An open reading frame (ORF 2) located upstream of the polyhedron envelope protein gene of Orgyia pseudotsugata multicapsid nuclear polyhedrosis virus (OpMNPV) was cloned in frame into a trpE expression vector. The fusion protein produced by this construct was used for the production of a monospecific antiserum. Western blot analysis of OpMNPV-infected Lymantria dispar cells detected a 16-kDa protein at 24 hr postinfection. The 16-kDa protein was determined to be N-glycosylated by tunicamycin treatment of infected cells. Immunofluorescence microscopy localized the 16-kDa protein to foci of intense cytoplasmic staining near the nuclear membrane. Immunoelectron microscopy indicated that the 16-kDa protein is associated with lamellar-like structures peripheral to the nuclear membrane and with envelopes of virus that have budded into the cytoplasm. The 16-kDa protein was not associated with extracellular budded or polyhedron-derived virions.

A 37-kilodalton glycoprotein from a baculovirus of Orgyia pseudotsugata is localized to cytoplasmic inclusion bodies.

The gene encoding a 37-kDa glycoprotein (gp37) of Orgyia pseudotsugata multinucleocapsid nuclear polyhedrosis virus (OpMNPV) was located and sequenced. gp37 of OpMNPV was found to have 62 and 37% amino acid sequence identity with gp37 of Autographa californica multinucleocapsid nuclear polyhedrosis virus (AcMNPV) and with a protein reported to be a component of occlusion bodies from Choristoneura biennis entomopoxvirus, respectively. The mRNA start site of the OpMNPV gp37 gene was mapped within a late promoter sequence (TTAAG). A TrpE fusion protein containing 55% of the OpMNPV gp37 gene amino acid sequence was used to generate a monospecific antiserum. Western immunoblot analysis of OpMNPV-infected Lymantria dispar cells detected gp37 beginning at 24 h postinfection. Immunoelectron microscopy indicated that the protein is concentrated in cytoplasmic inclusion bodies late in infection. In contrast to gp37 of AcMNPV which was present in the matrix of occlusion bodies, OpMNPV gp37 was not observed in this location. Neither OpMNPV nor AcMNPV gp37 was associated with the polyhedron envelope.

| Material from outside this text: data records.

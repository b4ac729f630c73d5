ghost use Rattle.std.specs.Prelude.{◌≡◌, ◌<◌, ◌≤◌, ◌++◌, length};
ghost use Rattle.std.specs.Option.{option_map};
ghost use Rattle.std.specs.Fmt.{signed_decimal};
ghost use Rattle.bus.specs.Answers.{status_of};
ghost use Rattle.bus.specs.Numbers.{status_number};
ghost use Rattle.response.specs.Lines.{tab, data_shown, ShortData};
ghost use Rattle.response.specs.Texts.{text, onto, hex_digit, hex_digits};

use crate::text::Text;
use bus::{AccessError, status_number};
use itoa::{Buffer, Integer};

fn start_field(out: &mut Text)
    ensures { text out.new ≡ onto (text out.old) tab }
{
    out.push_byte(b'\t');
}

// TAB and the number, in decimal.
pub(crate) fn number_field<N: Integer>(out: &mut Text, n: N)
    ensures text { text out.new ≡ onto (text out.old) (tab ++ N.text n) }
    ensures short { length (N.text n) ≤ N.MAX_STR_LEN }
{
    start_field(out);
    out.push(Buffer::new().format(n).as_bytes());
}

// TAB and the status's number.
pub(crate) fn status_field(out: &mut Text, status: Result<(), AccessError>)
    ensures text { text out.new ≡ onto (text out.old) (tab ++ signed_decimal (status_number (status_of status))) }
    ensures short { length (signed_decimal (status_number (status_of status))) ≤ 11 }
{
    number_field(out, status_number(status));
}

// The upper-case digit of a number below 16, which crate `hex` gives only in an allocated string.
fn hex_digit(n: u8) -> u8
    requires { n < 16 }
    ensures { result ≡ hex_digit n }
{
    if n < 10 { b'0' + n } else { b'A' + (n - 10) }
}

// TAB and the bytes, in hexadecimal.
fn hex_field(out: &mut Text, bytes: &[u8])
    ensures { text out.new ≡ onto (text out.old) (tab ++ hex_digits bytes.now) }
{
    start_field(out);
    for byte in bytes {
        out.push_byte(hex_digit(byte / 16));
        out.push_byte(hex_digit(byte % 16));
    }
}

// TAB and the data, or `-` where there is none.
#[tactic(auto, using(crate::proofs::Hex::length_hex))]
pub(crate) fn data_field(out: &mut Text, bytes: Option<&[u8]>)
    ensures text { text out.new ≡ onto (text out.old) (tab ++ data_shown (option_map (λ s. s.now) bytes.entry)) }
    ensures short { ShortData (option_map (λ s. s.now) bytes.entry)
        → length (data_shown (option_map (λ s. s.now) bytes.entry)) ≤ 128 }
{
    match bytes {
        Some(bytes) => hex_field(out, bytes),
        None => out.push(b"\t-"),
    }
}
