ghost use Rattle.std.specs.Prelude.{◌≡◌, ◌≤◌, length, take};
ghost use Rattle.response.specs.Lines.{line_feed, seen, shown, Short};
ghost use Rattle.response.specs.Texts.{text, onto};

use crate::fields::{data_field, number_field, status_field};
use crate::text::Text;
use bus::{AccessError, Refusal};
use script::PlayerFault;

// What a player answers, a line each.
#[derive(Clone, Copy, Debug, PartialEq, Eq)]
pub enum Response<'a> {
    Set,
    Done {
        port: u64,
        local: u64,
        status: Result<(), AccessError>,
        data: Option<&'a [u8]>,
    },
    Sync {
        port: u64,
        now: u64,
    },
    No(Refusal),
    Bad {
        line: u64,
        fault: PlayerFault,
    },
}

impl Response<'_> {
    // The word and the fields. With LF they are the line.
    // `write!` promises its text only at `Ok`, and no clause says when that is, so each part is pushed.
    fn write_fields(self, out: &mut Text)
        ensures text { onto (text out.new) line_feed ≡ onto (text out.old) (shown (seen self.entry)) }
        ensures short { Short (seen self.entry) → length (shown (seen self.entry)) ≤ 256 }
    {
        match self {
            Response::Set => out.push(b"SET"),
            Response::Done {
                port,
                local,
                status,
                data,
            } => {
                out.push(b"DONE");
                number_field(out, port);
                number_field(out, local);
                status_field(out, status);
                data_field(out, data);
            }
            Response::Sync { port, now } => {
                out.push(b"SYNC");
                number_field(out, port);
                number_field(out, now);
            }
            Response::No(refusal) => {
                out.push(b"NO");
                number_field(out, u8::from(refusal));
            }
            Response::Bad { line, fault } => {
                out.push(b"BAD");
                number_field(out, line);
                number_field(out, fault.field());
                number_field(out, fault.cause());
            }
        }
    }

    // The line, in place of what `out` held. With at most 64 bytes of data it is whole.
    pub fn print(self, out: &mut Text)
        ensures cut { text out.new ≡ take 256 (shown (seen self.entry)) }
        ensures whole { Short (seen self.entry) → text out.new ≡ shown (seen self.entry) }
    {
        out.clear();
        self.write_fields(out);
        out.push_byte(b'\n');
    }
}
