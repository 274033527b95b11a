ghost use Rattle.std.specs.Prelude.{◌≡◌, IfErr, IfOk, length, map};
ghost use Rattle.decision.specs.Decisions.{IsJudgedWith, RefusedIn};
ghost use Rattle.decision.specs.Programs.{Suits};
ghost use Rattle.live_seat.specs.Decided.{IsExplainedAt, IsStoppedAt};
ghost use Rattle.matcher_meaning.specs.Verdicts.{IsJudged};
ghost use Rattle.perm_value.specs.Seen.{datum};
ghost use Rattle.policy_state.specs.States.{tables};
ghost use Rattle.regex_gate.specs.Refusals.{IsRefused, IsUsed};
ghost use Rattle.session_meaning.specs.Replies.{rule_of};

use crate::answered::{Answered, SeatStop};
use crate::loan::end_loan;
use core::mem::replace_with;
use decision::{Program, Scratch, decide};
use desk_session::named_rule;
use effect_fold::Verdict;
use live_pair::{Naming, Seat};
use outside::NoMemory;
use perm_base::Rule;
use perm_value::Request;
use policy_state::PolicyState;
use regex_gate::Finder;
use std::alloc::Global;

/// What `decide_seat` answers, and the rule of the row that the verdict names, as it stands in that policy; none where it names
/// no row or is a fault. It copies that one rule.
pub fn explain_seat<J: Naming, P: Finder>(
    alloc: Global,
    seat: &mut Seat<J>,
    program: &Program,
    request: &Request,
    finder: &mut P,
    scratch: &mut Scratch,
) -> Result<(Answered, Option<Rule>), SeatStop>
    requires takes { length request.now ≡ length program.now.request }
    requires suits { Suits program.now J.shapes }
    ensures explained { IfOk result (IsExplainedAt program.now J.shapes J.opening
        (map datum request.now) (P.refusals finder.old) (P.refusals finder.new)
        seat.old seat.new) }
    ensures stopped { IfErr result (IsStoppedAt
        (P.refusals finder.old) (P.refusals finder.new) seat.old seat.new) }
    ensures used { IsUsed (P.refusals finder.old) (P.refusals finder.new) }
{
    let (explained, finder) = replace_with(
        seat,
        finder,
        |seat: Seat<J>, finder: &mut P|
            requires { (length request.now ≡ length program.now.request)
                × Suits program.now J.shapes }
        {
            let (seat, explained) = explained_inside(
                alloc, seat, program, request, finder, scratch,
            );
            (seat, (explained, finder))
        },
    );
    end_loan(finder);
    explained
}

// The same, and the seat as it is afterwards.
fn explained_inside<J: Naming, P: Finder>(
    alloc: Global,
    seat: Seat<J>,
    program: &Program,
    request: &Request,
    finder: &mut P,
    scratch: &mut Scratch,
) -> (Seat<J>, Result<(Answered, Option<Rule>), SeatStop>)
    requires takes { length request.now ≡ length program.now.request }
    requires suits { Suits program.now J.shapes }
    ensures explained { IfOk result.1 (IsExplainedAt program.now J.shapes J.opening
        (map datum request.now) (P.refusals finder.old) (P.refusals finder.new)
        seat result.0) }
    ensures stopped { IfErr result.1 (IsStoppedAt
        (P.refusals finder.old) (P.refusals finder.new) seat result.0) }
    ensures used { IsUsed (P.refusals finder.old) (P.refusals finder.new) }
{
    let entered = match seat.enter() {
        Ok(entered) => entered,
        Err(shut) => return (shut.seat, Err(SeatStop::Shut)),
    };
    let version = entered.version();
    let explained = judged_with_rule(alloc, entered.state(), program, request, finder, scratch);
    let seat = entered.leave();
    match explained {
        Ok((verdict, rule)) => (seat, Ok((Answered { version, verdict }, rule))),
        Err(_) => (seat, Err(SeatStop::NoMemory)),
    }
}

// The verdict on a request over a policy, and the rule of the row that it names.
fn judged_with_rule<P: Finder>(
    alloc: Global,
    state: &PolicyState,
    program: &Program,
    request: &Request,
    finder: &mut P,
    scratch: &mut Scratch,
) -> Result<(Verdict, Option<Rule>), NoMemory>
    requires takes { length request.now ≡ length program.now.request }
    requires suits { Suits program.now state.now.shapes }
    ensures judged { IfOk result (λ told. IsJudged
        program.now state.now.shapes (tables state.now) (map datum request.now)
        (IsRefused (P.refusals finder.old) (P.refusals finder.new)) told.0) }
    ensures refused { IfOk result (λ told. IsJudgedWith
        program.now state.now.shapes (tables state.now) (map datum request.now)
        (RefusedIn program.now.effect (P.refusals finder.old) (P.refusals finder.new))
        told.0) }
    ensures rule { IfOk result (λ told. told.1 ≡ rule_of (tables state.now) told.0) }
    ensures used { IsUsed (P.refusals finder.old) (P.refusals finder.new) }
{
    let verdict = decide(program, state, request, finder, scratch)?;
    let Some(rule) = named_rule(state, verdict) else {
        return Ok((verdict, None));
    };
    Ok((verdict, Some(rule.copy(alloc)?)))
}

Immunocytochemical characterization of p24, a baculovirus capsid-associated protein.

An open reading frame (ORF 1) located upstream of the polyhedron envelope protein gene in the Orgyia pseudotsugata multinucleocapsid nuclear polyhedrosis virus (OpMNPV) genome was cloned in-frame into a trpE bacterial expression vector. The fusion protein produced by this construct was used for the preparation of a monospecific antiserum. Western blot analysis of extracts from OpMNPV-infected Lymantria dispar cells and Autographa californica NPV (AcMNPV)-infected Spodoptera frugiperda cells detected a 24K protein late in infection. This antiserum also reacted with a 24K protein in preparations of budded and polyhedra-derived virus from OpMNPV and AcMNPV. The 24K protein was not N-glycosylated. Immunoelectron microscopy confirmed that the OpMNPV p24 is associated with nucleocapsids of budded and polyhedra-derived virions.